Under these high-temperature conditions, most of the active substances that can cause safety inconvenience in the recycling of organic wastes, such as medicines—including antibiotics—, synthetic hormones, pesticides, detergents and toxins, are mostly digested or destroyed. A sterilisation of the wastes can also take place during mineralization if the temperature is allowed to increase further. A final product is then obtained in the form of compost toxicologically and microbiologically safe. By compost, it is meant a solid product with dry matter content generally greater than 50% in weight, preferably greater than 70%, the composition of which is stabilized over a week or more.
This final product can be used in agriculture, for example as fertilizing compost in crop growing.
This thermophilic fermentation process is particularly advantageous in that it allows large volumes of organic waste to be converted rapidly, so that they can be converted into a useful organic and non-polluting product.
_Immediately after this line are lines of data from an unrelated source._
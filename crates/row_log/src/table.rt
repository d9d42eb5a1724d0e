// The columns and the flags of the live rows.
ghost use Rattle.std.specs.Prelude.{◌≡◌, ◌≢◌, ◌<◌, ◌≤◌, ◌+◌, ◌^◌, ◌∷◌, [], ◌++◌, ℕ, true, OnOk, OnErr, IfOk, length, map, take, slice_index_or, vec_len, vec_capacity};
ghost use Rattle.std.specs.List.{All};
ghost use Rattle.rel_base.specs.Agreement.{agree};
ghost use Rattle.rel_base.specs.PackedOps as packed;
ghost use Rattle.row_log.specs.Column.{AreCodes};
ghost use Rattle.row_log.specs.Live.{AreMarked, marked_at};
ghost use Rattle.row_log.specs.Table.{row_at, HasRow, column_at, coded_cells};
ghost use denote.Param.Send.{IsSync};

use crate::column::Column;
use crate::live::MarkedCells;
use agree_sets::agree_codes;
use rel_base::{
    Batch, COLUMN_PLACES, Cells, Codes, ColSet, MOST_COLUMNS, MOST_ROWS, Nulls, RowPlace,
};
use std::alloc::{AllocError, Global};
use std::thread::{Threads, join};

// So many cells of a column are looked at to tell how long it takes.
const SAMPLE: usize = 256;

// A cell takes as long as so many bytes, where the dictionary has it and where it is new.
const KNOWN_CELL: u64 = 8;

const NEW_CELL: u64 = 64;

/// Columns of these cells, made by so many workers at most: one is the thread of the caller and no other.
///
/// Each worker takes columns that stand side by side and have about as much to be coded as those of another.
pub fn columns_by<R: Threads + Sync>(
    rt: &R,
    alloc: Global,
    nulls: Nulls,
    cells: Vec<Cells>,
    workers: u8,
) -> Result<Vec<Column>, AllocError>
    requires { All (λ each. length each ≤ MOST_ROWS) cells.items }
    ensures { IfOk result (λ columns. columns.items ≡ map (coded_cells nulls) cells.items) }
{
    if workers < 2 {
        return columns_of(alloc, nulls, cells);
    }
    let few = workers / 2;
    let others = workers - few;
    let mut cells = cells;
    let later = cells.split_off(middle(alloc, &cells))?;
    let (first, second) = join(
        rt,
        move || -> Result<Vec<Column>, AllocError>
            requires { IsSync R.row × All (λ each. length each ≤ MOST_ROWS) cells.items }
            ensures { IfOk result (λ columns. columns.items ≡ map (coded_cells nulls) cells.items) }
        { columns_by(rt, alloc, nulls, cells, few) },
        move || -> Result<Vec<Column>, AllocError>
            requires { IsSync R.row × All (λ each. length each ≤ MOST_ROWS) later.items }
            ensures { IfOk result (λ columns. columns.items ≡ map (coded_cells nulls) later.items) }
        { columns_by(rt, alloc, nulls, later, others) },
    );
    let mut columns = first?;
    let mut others = second?;
    columns.append(&mut others)?;
    Ok(columns)
}

// The place at which the columns before it have about as much to be coded as the others.
fn middle(alloc: Global, cells: &[Cells]) -> usize
    ensures { result ≤ length cells.now }
{
    let whole = cells
        .iter()
        .fold(0u64, |sum, each| sum.saturating_add(weight(alloc, each)));
    let mut left = whole / 2;
    for (place, each) in cells.iter().enumerate() {
        let own = weight(alloc, each);
        if left <= own / 2 {
            return place;
        }
        left = left.saturating_sub(own);
    }
    cells.len()
}

// How long a column takes to be coded, as it seems, in the time of a byte: where no two cells of a sample are equal most cells are new to
// the dictionary, which keeps a copy of each.
fn weight(alloc: Global, cells: &Cells) -> u64 {
    let each = if has_doubles(alloc, cells) {
        KNOWN_CELL
    } else {
        NEW_CELL
    };
    (cells.size() as u64).saturating_add((cells.len() as u64).saturating_mul(each))
}

// Whether two of some cells that are spread over the column are equal. Where memory is wanting it seems so.
fn has_doubles(alloc: Global, cells: &Cells) -> bool {
    let step = cells.len().div_ceil(SAMPLE);
    let mut sample: Vec<&[u8]> = Vec::new(alloc);
    for turn in 0..SAMPLE {
        let place = step.saturating_mul(turn);
        if place < cells.len() && sample.push(cells.get(place)).is_err() {
            return true;
        }
    }
    sample.sort_unstable();
    let mut last: Option<&[u8]> = None;
    for cell in &sample {
        if last == Some(*cell) {
            return true;
        }
        last = Some(*cell);
    }
    false
}

/// Columns of these cells, each of which are let go as soon as they are coded, so that their memory serves the dictionaries.
pub fn columns_of(alloc: Global, nulls: Nulls, cells: Vec<Cells>) -> Result<Vec<Column>, AllocError>
    requires { All (λ each. length each ≤ MOST_ROWS) cells.items }
    ensures { IfOk result (λ columns. columns.items ≡ map (coded_cells nulls) cells.items) }
{
    let mut columns = Vec::with_capacity(alloc, cells.len())?;
    for each in cells {
        columns.push(column_of(alloc, nulls, each)?)?;
    }
    Ok(columns)
}

// The column of these cells, with the lists that snapshots share.
fn column_of(alloc: Global, nulls: Nulls, cells: Cells) -> Result<Column, AllocError>
    requires { length cells ≤ MOST_ROWS }
    ensures { IfOk result (λ column. column ≡ coded_cells nulls cells) }
{
    let mut column = Column::with_room(alloc, nulls, cells.len())?;
    column.extend(&cells)?;
    column.share(alloc);
    Ok(column)
}

/// Codes the cells of one more row, which a batch keeps. After want of memory the columns, of so many rows, are as before.
pub fn push_row(
    columns: &mut [Column],
    rows: usize,
    batch: &Batch,
    row: RowPlace,
) -> Result<(), AllocError>
    requires wide { length (packed.row_at (packed.cells_of batch.now) row) ≡ length columns.old }
    requires even { All (λ c. length c.cells ≡ rows) columns.old }
    requires room { rows < MOST_ROWS }
    ensures pushed { OnOk result (HasRow columns.old (packed.row_at (packed.cells_of batch.now) row) columns.new) }
    ensures refused { OnErr result (columns.new ≡ columns.old) }
{
    for place in 0..columns.len() {
        if let Err(refused) = columns[place].push(batch.cell(row, place)) {
            truncate_rows(columns, rows);
            return Err(refused);
        }
    }
    Ok(())
}

/// Drops the rows from this place on.
pub fn truncate_rows(columns: &mut [Column], rows: usize)
    ensures { columns.new ≡ map (λ c. record { nulls = c.nulls; cells = take rows c.cells }) columns.old }
{
    for column in columns.iter_mut() {
        column.truncate(rows);
    }
}

/// The columns in which the rows at these places agree.
pub fn agreement(columns: &[Column], nulls: Nulls, i: usize, j: usize) -> ColSet
    requires narrow { length columns.now ≤ MOST_COLUMNS }
    requires read { All (λ c. c.nulls ≡ nulls) columns.now }
    requires first { All (λ c. i < length c.cells) columns.now }
    requires second { All (λ c. j < length c.cells) columns.now }
    requires apart { i ≢ j }
    ensures { result ≡ agree nulls (length columns.now) (row_at columns.now i) (row_at columns.now j) }
{
    let mut first = [0; COLUMN_PLACES];
    let mut second = [0; COLUMN_PLACES];
    for (place, column) in columns.iter().enumerate() {
        let (one, other) = column.pair(i, j);
        first[place] = one;
        second[place] = other;
    }
    agree_codes(&first[..columns.len()], &second[..columns.len()])
}

/// The codes of each column, for a snapshot.
pub fn handed_codes(alloc: Global, columns: &[Column]) -> Result<Vec<Codes>, AllocError>
    ensures long { IfOk result (λ codes. length codes.items ≡ length columns.now) }
    ensures each { IfOk result (λ codes. (j : ℕ) → j < length columns.now → AreCodes (column_at columns.now j) (slice_index_or codes.items j [])) }
{
    let mut codes = Vec::with_capacity(alloc, columns.len())?;
    for column in columns {
        codes.push(column.handed(alloc)?)?;
    }
    Ok(codes)
}

/// The cells that flagged rows have in each column.
pub fn marked_columns<'a>(
    alloc: Global,
    columns: &'a [Column],
    flags: &[bool],
) -> Result<Vec<MarkedCells<'a>>, AllocError>
    requires { All (λ c. length c.cells ≡ length flags.now) columns.now }
    ensures long { IfOk result (λ marked. length marked.items ≡ length columns.now) }
    ensures each { IfOk result (λ marked. (j : ℕ) → j < length columns.now → AreMarked (column_at columns.now j).cells flags.now (marked_at marked.items j)) }
{
    let mut marked = Vec::with_capacity(alloc, columns.len())?;
    for column in columns {
        marked.push(column.marked(alloc, flags)?)?;
    }
    Ok(marked)
}

/// Puts the codes that came since into the lists that snapshots share, where they are many.
pub fn share_codes(alloc: Global, columns: &mut Vec<Column>)
    ensures { columns.new.items ≡ columns.old.items }
{
    for place in 0..columns.len() {
        columns[place].share(alloc);
    }
}

/// Appends the flag of a live row to a list that has room.
pub fn append_live(flags: &mut Vec<bool>)
    requires { vec_len flags.old < vec_capacity flags.old }
    ensures { flags.new.items ≡ flags.old.items ++ true ∷ [] }
{
    let _ = flags.push(true);
}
However, its implementation has certain drawbacks.
Firstly, it requires a considerable input of external energy, due to the need to bring a large volume of waste up to a temperature of around 50° C. This constraint requires heating installations which are not present in the conventional aerobic treatment systems operating at ambient temperature. In addition to the energy required for their operation, these installations impose an extra cost which is deemed excessive in relation to the productivity gain.
Secondly, activation of the fermentation requires an active supply of air having a sufficient oxygen content, which is generally pumped in at the base of the fermentation tanks. Finally, these are considerable volumes of air which have to come into contact with the microorganisms and which are then dispersed into atmospheric air. This air, which can be classified as contaminated, comprises malodorous effluvia which represent a genuine nuisance for residents living near this type of installation.
Thirdly, the wastes treated at the outlet of the tanks must preferably be dehydrated in order to be able to be transported under correct conditions, which, again, increase the energy consumption of this system.
It would therefore be necessary to improve the existing treatment devices using thermophilic microorganisms, in order in particular to make them more attractive in terms of costs and location.
Ideally, the public authorities would like to have available more compact waste treatment units which could be located underground, even in the basements of buildings and which being more numerous, could be better distributed over the country than large-scale units such as those we know today.